▶ [What you should do] Every line that contains the word "Prelude" is to be copied from the listing.

▶ [Provided data]
****

ghost use Rattle.std.specs.Prelude.{◌≡◌, ◌+◌, ◌≤◌, [], List, Some, length, map, max, slice_get};
ghost use Rattle.std.specs.Prelude.{IfOk, IsTrue, OnOk, OnErr};
ghost use Rattle.cal_context.specs.Lists.{Interns};
ghost use Rattle.cal_context.specs.Snapshots.{IsIn, meaning};
ghost use Rattle.cal_parts.specs.Counters.{AreReadyCounters};
ghost use Rattle.cal_parts.specs.PartLists.{put_parts};
ghost use Rattle.cal_parts.specs.Parts.{Gathered, merged_parts, part_over};
ghost use Rattle.cal_engine.specs.Numbered.{GathersKey};
ghost use Rattle.cal_parts.specs.Readings.{parts_of as parts_by};
ghost use Rattle.cal_parts.specs.declared.reading.Reading.{Reading as AReading};

use cal_context::{Context, NodeNumber, Snapshot};
use cal_keys::{GroupKey, KeyTable};
use cal_parts::{Counters, Part, PartTable};
use cal_seeds::Seeds;
use cal_value::OutOfMemory;
use std::alloc::Global;
use std::marker::Model;

/// Groups by numbers whose keys are numbers too, in first-seen order, and what is kept of each.
#[derive(Drop)]
pub(crate) struct NumberedGroups {
    keys: KeyTable,
    parts: PartTable,
    // the group that was last gathered, if any
    last: usize,
}

impl Model for NumberedGroups {
    ghost use Rattle.std.specs.Prelude.{◌≡◌, length};
    ghost use Rattle.cal_engine.specs.Numbered.{Numbered};

    ghost Value = { Numbered };

    ghost view = { λ s. record { keys = s.keys; parts = s.parts } };

    ghost invariant = { λ s. length s.parts ≡ length s.keys };
}

impl NumberedGroups {
    /// No group, where keys hash by these seeds. It takes no memory.
    pub fn new(alloc: Global, seeds: Seeds) -> NumberedGroups
        ensures { result ≡ record { keys = []; parts = [] } }
    {
        NumberedGroups {
            keys: KeyTable::new(alloc, seeds),
            parts: PartTable::new(alloc),
            last: 0,
        }
    }

    /// The node of the immediates of the group that was last gathered, or else the root.
    pub fn near(&self) -> NodeNumber {
        self.keys.imms(self.last)
    }

    /// Adds a record to its group. A key that is new is copied.
    #[tactic(auto, using(crate::proofs::Gathering::of_gathering))]
    pub fn gather(
        &mut self,
        alloc: Global,
        key: &GroupKey,
        counters: &Counters,
        context: &Context,
        snapshot: &Snapshot,
    ) -> Result<(), OutOfMemory>
        requires { IsIn context.now snapshot.now }
        ensures { OnOk result ((rs : List AReading)
            → AreReadyCounters context.now rs counters.now → GathersKey self.old key.now
            (parts_by rs (meaning context.now snapshot.now)) self.new) }
    {
        let count = self.keys.count();
        let number = self.keys.intern(alloc, key)?;
        self.last = number;
        let made = make_room(alloc, counters, &mut self.parts, number);
        if made.is_err() {
            self.keys.truncate(count);
            return made;
        }
        self.parts
            .add_at(alloc, number, counters, context, snapshot)
    }

    /// Puts what is kept of some records to the group of a key, behind what is there. A key that is
    /// new is copied.
    #[tactic(auto, using(crate::proofs::Gathering::of_gathering))]
    pub fn gather_parts(
        &mut self,
        alloc: Global,
        key: &GroupKey,
        parts: &[Part],
    ) -> Result<(), OutOfMemory>
        ensures { OnOk result (GathersKey self.old key.now parts.now self.new) }
    {
        let count = self.keys.count();
        let number = self.keys.intern(alloc, key)?;
        let put = put_at(alloc, &mut self.parts, number, parts);
        if put.is_err() {
            self.keys.truncate(count);
        }
        put
    }

    /// The keys of the groups.
    pub fn keys(&self) -> &KeyTable
        ensures { result.now ≡ self.now.keys }
    {
        let _ = &self.parts;
        &self.keys
    }

    /// What is kept of each group.
    pub fn parts(&self) -> &PartTable
        ensures parts { result.now ≡ self.now.parts }
        ensures counted { length result.now ≡ length self.now.keys }
    {
        let _ = &self.keys;
        &self.parts
    }
}

/// Puts the parts of no record at the end, where a number has none yet.
fn make_room(
    alloc: Global,
    counters: &Counters,
    parts: &mut PartTable,
    number: usize,
) -> Result<(), OutOfMemory>
    requires { number ≤ length parts.old }
    ensures put { OnOk result ((fresh : List Gathered)
        → merged_parts (map (λ counter. part_over counter.kernel []) counters.now.counters.items)
        fresh ≡ fresh
        → put_parts parts.new number fresh ≡ put_parts parts.old number fresh) }
    ensures long { OnOk result (length parts.new ≡ max (length parts.old) (number + 1)) }
    ensures err { OnErr result (parts.new ≡ parts.old) }
{
    if number < parts.count() {
        return Ok(());
    }
    parts.push_none(alloc, counters)
}

/// Puts parts behind those of a number, or at the end.
fn put_at(
    alloc: Global,
    table: &mut PartTable,
    number: usize,
    parts: &[Part],
) -> Result<(), OutOfMemory>
    requires { number ≤ length table.old }
    ensures ok { OnOk result (table.new ≡ put_parts table.old number parts.now) }
    ensures err { OnErr result (length table.new ≡ length table.old) }
{
    if number < table.count() {
        return table.merge_at(alloc, number, parts);
    }
    table.push(alloc, parts)
}
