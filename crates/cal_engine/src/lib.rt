//! The answer of a query on records: groups, kernels, rows and columns.
//!
//! A `SnapshotFold` takes records as snapshots of a context, so that one costs its nodes and
//! immediates and not the depth of its paths; a `Fold` takes them with entries of their own, and
//! `answer` all at once. Each gives the answer that `answer_of` says. What is left of a
//! `SnapshotFold` that ran out of memory isn't promised, nor is time.
#![tactic(auto)]

mod answering;
mod below;
mod columns;
mod filtering;
mod finishing;
mod fold;
mod gate;
mod grouped_rows;
mod grouping;
mod groups;
mod joining;
mod kernel_results;
mod looked;
mod numbered;
mod other_parts;
mod shown_names;
mod small;
mod snapshot_columns;
mod snapshot_fold;
mod snapshot_order;
mod snapshot_rows;
mod sorting;
mod spoken;
mod tally;
mod upwards;
mod visits;

pub use answering::answer;
pub use fold::Fold;
pub use grouped_rows::GroupedRows;
pub use snapshot_fold::SnapshotFold;
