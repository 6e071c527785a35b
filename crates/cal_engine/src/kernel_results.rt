ghost use Rattle.std.specs.Prelude.{◌≡◌, ◌++◌, [], List, option_map, slice_get, slice_index_or};
ghost use Rattle.std.specs.Prelude.{IfOk, OnOk, Some};
ghost use Rattle.std.specs.List.{AllZip};
ghost use Rattle.std.specs.Option.{option_copied};
ghost use Rattle.cal_context.specs.Snapshots.{entry_of};
ghost use Rattle.cal_context.specs.Tree.{Grows, Tree};
ghost use Rattle.cal_filter.specs.Kept.{result_entry as result_entry_of};
ghost use Rattle.cal_filter.specs.Numbers.{value_of_number as value_of};
ghost use Rattle.cal_ql.specs.declared.query.Agg.{Agg as AnAgg};
ghost use Rattle.cal_engine.specs.Finishing.{AreKept, Lists, entries_of_results};
ghost use Rattle.cal_engine.specs.Finishing.{entry_of_result};
ghost use Rattle.cal_parts.specs.Kernels.{contributed};
ghost use Rattle.cal_engine.specs.Making.{below_of};
ghost use Rattle.cal_parts.specs.Parts.{part_over};
ghost use Rattle.cal_engine.specs.Results.{AddsResults, AreKeptAt, IsResultOf};

use crate::finishing::value_at;
use crate::numbered::NumberedGroups;
use crate::other_parts::OtherParts;
use cal_agg::Num;
use cal_context::{AttributeNumber, Context, Immediate};
use cal_filter::{result_attribute, value_of_number};
use cal_parts::{Part, push_some};
use cal_ql::{Agg, KernelName};
use cal_value::{Kind, OutOfMemory};
use std::alloc::Global;

/// A kernel, and the attributes that its results have in a context: of kind int, or double where
/// they are Fixed.
#[derive(Drop)]
pub(crate) struct ResultAttributes {
    kernel: KernelName,
    whole: AttributeNumber,
    fixed: AttributeNumber,
}

/// The attributes of kernels' results, which are added to the context.
pub(crate) fn result_attributes(
    alloc: Global,
    context: &mut Context,
    aggs: &[Agg],
) -> Result<Vec<ResultAttributes>, OutOfMemory>
    ensures results { IfOk result (λ results.
        AllZip (IsResultOf context.new) aggs.now results.items) }
    ensures grows { Grows context.old context.new }
{
    let mut results = Vec::new(alloc);
    for agg in aggs {
        let attributes = attributes_of(alloc, context, agg)?;
        results.push(attributes)?;
    }
    Ok(results)
}

fn attributes_of(
    alloc: Global,
    context: &mut Context,
    agg: &Agg,
) -> Result<ResultAttributes, OutOfMemory>
    ensures attributes { IfOk result (IsResultOf context.new agg.now) }
    ensures grows { Grows context.old context.new }
{
    let whole = result_attribute(alloc, &agg.name, Kind::Int, context)?;
    let fixed = result_attribute(alloc, &agg.name, Kind::Double, context)?;
    Ok(ResultAttributes {
        kernel: agg.kernel,
        whole,
        fixed,
    })
}

/// Adds a group's results, those that are there.
pub(crate) fn add_result_immediates(
    imms: &mut Vec<Immediate>,
    results: &[ResultAttributes],
    groups: &NumberedGroups,
    number: usize,
    others: &OtherParts,
) -> Result<(), OutOfMemory>
    ensures { OnOk result ((t : Tree) (aggs : List AnAgg) (lists : Lists)
        → AllZip (IsResultOf t) aggs results.now
        → AreKept aggs lists (slice_index_or groups.now.parts number []) others.now.all
        (slice_index_or (below_of others.now groups.now.parts) number [])
        → AddsResults t (entries_of_results aggs lists) imms.old.items imms.new.items) }
{
    for (place, attributes) in results.iter().enumerate() {
        let found = found_at(attributes, groups, number, place, others);
        push_some(imms, found)?;
    }
    Ok(())
}

/// The result of the kernel at a place, if that is there. Nearly all are held as they are shown.
#[inline(always)]
fn found_at(
    attributes: &ResultAttributes,
    groups: &NumberedGroups,
    number: usize,
    place: usize,
    others: &OtherParts,
) -> Option<Immediate>
    ensures { (t : Tree) (agg : AnAgg) (lists : Lists) → IsResultOf t agg attributes.now
        → AreKeptAt agg lists place (slice_index_or groups.now.parts number []) others.now.all
        (slice_index_or (below_of others.now groups.now.parts) number [])
        → option_map (entry_of t) result ≡ entry_of_result lists agg }
{
    match groups.parts().shown(number, place, attributes.kernel) {
        Some(whole) => Some(immediate(attributes, Num::Whole(i128::from(whole)))),
        None => worked_out_at(attributes, groups, number, place, others),
    }
}

/// The same of the parts at that place.
#[inline(never)]
fn worked_out_at(
    attributes: &ResultAttributes,
    groups: &NumberedGroups,
    number: usize,
    place: usize,
    others: &OtherParts,
) -> Option<Immediate>
    ensures { (t : Tree) (agg : AnAgg) (lists : Lists) → IsResultOf t agg attributes.now
        → AreKeptAt agg lists place (slice_index_or groups.now.parts number []) others.now.all
        (slice_index_or (below_of others.now groups.now.parts) number [])
        → option_map (entry_of t) result ≡ entry_of_result lists agg }
{
    let own_part = groups.parts().get(number, place);
    let all_part = part_at(others.all(), place);
    let below_part = others.below_at(number, place, own_part.as_ref());
    result_at(attributes, own_part.as_ref(), all_part, below_part.as_ref())
}

/// The part of the kernel at a place.
fn part_at(parts: &[Part], place: usize) -> Option<&Part>
    ensures { option_copied result ≡ slice_get parts.now place }
{
    parts.get(place)
}

/// A kernel's result, if that is there.
fn result_at(
    attributes: &ResultAttributes,
    own: Option<&Part>,
    all: Option<&Part>,
    below: Option<&Part>,
) -> Option<Immediate>
    ensures { (t : Tree) (agg : AnAgg) (lists : Lists) → IsResultOf t agg attributes.now
        → option_copied own.entry ≡ Some (part_over agg.kernel (contributed agg lists.own))
        → option_copied all.entry ≡ Some (part_over agg.kernel (contributed agg lists.all))
        → option_copied below.entry ≡ Some (part_over agg.kernel (contributed agg lists.below))
        → option_map (entry_of t) result ≡ entry_of_result lists agg }
{
    match value_at(attributes.kernel, own, all, below) {
        Some(number) => Some(immediate(attributes, number)),
        None => None,
    }
}

fn immediate(attributes: &ResultAttributes, number: Num) -> Immediate
    ensures { (t : Tree) (agg : AnAgg) → IsResultOf t agg attributes.now
        → entry_of t result ≡ result_entry_of agg.name (value_of number) }
{
    match number {
        Num::Whole(_) => Immediate {
            attribute: attributes.whole,
            value: value_of_number(number),
        },
        Num::Fixed(_) => Immediate {
            attribute: attributes.fixed,
            value: value_of_number(number),
        },
    }
}
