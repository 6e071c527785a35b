ghost use Rattle.std.specs.Prelude.{◌≡◌, not, filter, codes, IfOk, true, false};
ghost use Rattle.cal_value.specs.Flat.{joined};
ghost use Rattle.cal_keys.specs.Groups.{group_of as group_by, has_entries, taken};
ghost use Rattle.cal_keys.specs.Groups.{takes as name_takes, takes_attribute};

use cal_rowset::is_of_hierarchy;
use cal_value::{Attribute, Entry, OutOfMemory, Rec, Seq, Text};
use std::alloc::Global;

/// The group of a record, whose entries move there.
pub(crate) fn group_of(
    alloc: Global,
    names: &Option<Seq<Text>>,
    rec: Rec,
) -> Result<Rec, OutOfMemory>
    ensures { IfOk result (λ group. group ≡ group_by names.now rec) }
{
    let Rec { paths, imms } = rec;
    match names {
        None => Ok(Rec {
            paths,
            imms: Seq::new(alloc),
        }),
        Some(names) => Ok(Rec {
            paths: taken_paths(alloc, names.as_slice(), entries_of(alloc, paths)?)?,
            imms: taken_imms(alloc, names.as_slice(), imms.into_vec())?,
        }),
    }
}

/// The entries of paths, path by path.
fn entries_of(alloc: Global, paths: Seq<Seq<Entry>>) -> Result<Vec<Entry>, OutOfMemory>
    ensures { IfOk result (λ entries. entries.items ≡ joined paths) }
{
    let mut entries = Vec::new(alloc);
    for path in paths.into_vec() {
        let mut path = path.into_vec();
        entries.append(&mut path)?;
    }
    Ok(entries)
}

/// What each name takes of the entries of paths, as paths.
fn taken_paths(
    alloc: Global,
    names: &[Text],
    entries: Vec<Entry>,
) -> Result<Seq<Seq<Entry>>, OutOfMemory>
    ensures { IfOk result (λ paths. paths
        ≡ filter has_entries (taken true names.now entries.items)) }
{
    let mut paths = Vec::new(alloc);
    let mut left = entries;
    for name in names {
        let Picked { took, rest } = pick(alloc, true, name, left)?;
        left = rest;
        if !took.is_empty() {
            paths.push(Seq::from_vec(took))?;
        }
    }
    Ok(Seq::from_vec(paths))
}

/// What each name takes of immediates.
fn taken_imms(alloc: Global, names: &[Text], entries: Vec<Entry>) -> Result<Seq<Entry>, OutOfMemory>
    ensures { IfOk result (λ imms. imms ≡ joined (taken false names.now entries.items)) }
{
    let mut imms = Vec::new(alloc);
    let mut left = entries;
    for name in names {
        let Picked { mut took, rest } = pick(alloc, false, name, left)?;
        left = rest;
        imms.append(&mut took)?;
    }
    Ok(Seq::from_vec(imms))
}

/// Entries that a name took, and those that it left.
#[derive(Drop)]
struct Picked {
    took: Vec<Entry>,
    rest: Vec<Entry>,
}

fn pick(
    alloc: Global,
    in_path: bool,
    name: &Text,
    entries: Vec<Entry>,
) -> Result<Picked, OutOfMemory>
    ensures took { IfOk result (λ s. s.took.items
        ≡ filter (name_takes in_path name.now) entries.items) }
    ensures rest { IfOk result (λ s. s.rest.items
        ≡ filter (λ e. not (name_takes in_path name.now e)) entries.items) }
{
    let mut took = Vec::new(alloc);
    let mut rest = Vec::new(alloc);
    for entry in entries {
        if takes(in_path, name, &entry.attr) {
            took.push(entry)?;
        } else {
            rest.push(entry)?;
        }
    }
    Ok(Picked { took, rest })
}

/// Whether a name of GROUP BY takes the entries of an attribute.
pub(crate) fn takes(in_path: bool, name: &Text, attribute: &Attribute) -> bool
    ensures { result ≡ takes_attribute in_path name.now attribute.now }
{
    if name.as_str() == "path" {
        in_path && is_of_hierarchy(attribute)
    } else {
        attribute.name.as_str() == name.as_str()
    }
}
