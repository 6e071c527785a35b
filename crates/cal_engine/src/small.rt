ghost use Rattle.std.specs.Prelude.{IsTrue, All, ◌↔◌};
ghost use Rattle.cal_filter.specs.Named.{HasSmallNumbers};
ghost use Rattle.cal_value.specs.Reading.{IsSmall};

use cal_value::{Entry, Rec, Variant};

/// The greatest magnitude of an Int and a Fixed, 2^86.
const MOST: u128 = 1 << 86;

/// Whether each Int and Fixed of a record is at most 2^86 in magnitude.
pub(crate) fn has_small_numbers(rec: &Rec) -> bool
    ensures { IsTrue result → HasSmallNumbers rec.now }
{
    for path in rec.paths.as_slice() {
        if !are_small(path.as_slice()) {
            return false;
        }
    }
    are_small(rec.imms.as_slice())
}

fn are_small(entries: &[Entry]) -> bool
    ensures { IsTrue result ↔ All (λ e. IsSmall e.value) entries.now }
{
    entries.iter().all(|entry| is_small(&entry.value))
}

/// Whether a value is no Int and no Fixed above 2^86 in magnitude.
pub(crate) fn is_small(value: &Variant) -> bool
    ensures { IsTrue result ↔ IsSmall value.now }
{
    match value {
        Variant::Int(number) | Variant::Fixed(number) => number.unsigned_abs() <= MOST,
        _ => true,
    }
}
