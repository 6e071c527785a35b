ghost use Rattle.std.specs.Prelude.{◌≡◌, ◌==◌, ◌&&◌, length, IfOk};
ghost use Rattle.cal_filter.specs.Kept.{kept};
ghost use Rattle.cal_ql.specs.Valid.{IsValidQuery};

use crate::small::has_small_numbers;
use cal_filter::apply;
use cal_ql::Query;
use cal_value::{OutOfMemory, Rec};
use std::alloc::Global;

/// What LET and WHERE make of a record; without them it is the record itself.
pub(crate) fn made(alloc: Global, query: &Query, rec: Rec) -> Result<Option<Rec>, OutOfMemory>
    requires { IsValidQuery query.now }
    ensures { IfOk result (λ made. made ≡ kept query.now rec) }
{
    if is_plain(query) {
        return Ok(Some(rec));
    }
    if !has_small_numbers(&rec) {
        return Err(OutOfMemory);
    }
    let made = apply(alloc, query, rec)?;
    Ok(made)
}

/// A query without LET and WHERE.
fn is_plain(query: &Query) -> bool
    ensures { result ≡ (length query.now.lets == 0 && length query.now.conds == 0) }
{
    query.lets.is_empty() && query.conds.is_empty()
}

****

▶ [Answer below]
ghost use Rattle.std.specs.Prelude.{◌≡◌, ◌+◌, ◌≤◌, [], List, Some, length, map, max, slice_get};
ghost use Rattle.std.specs.Prelude.{IfOk, IsTrue, OnOk, OnErr};
    ghost use Rattle.std.specs.Prelude.{◌≡◌, length};
ghost use Rattle.std.specs.Prelude.{◌≡◌, ◌++◌, [], List, option_map, slice_get, slice_index_or};
ghost use Rattle.std.specs.Prelude.{IfOk, OnOk, Some};
ghost use Rattle.std.specs.Prelude.{◌≡◌, not, filter, codes, IfOk, true, false};
ghost use Rattle.std.specs.Prelude.{IsTrue, All, ◌↔◌};
ghost use Rattle.std.specs.Prelude.{◌≡◌, ◌==◌, ◌&&◌, length, IfOk};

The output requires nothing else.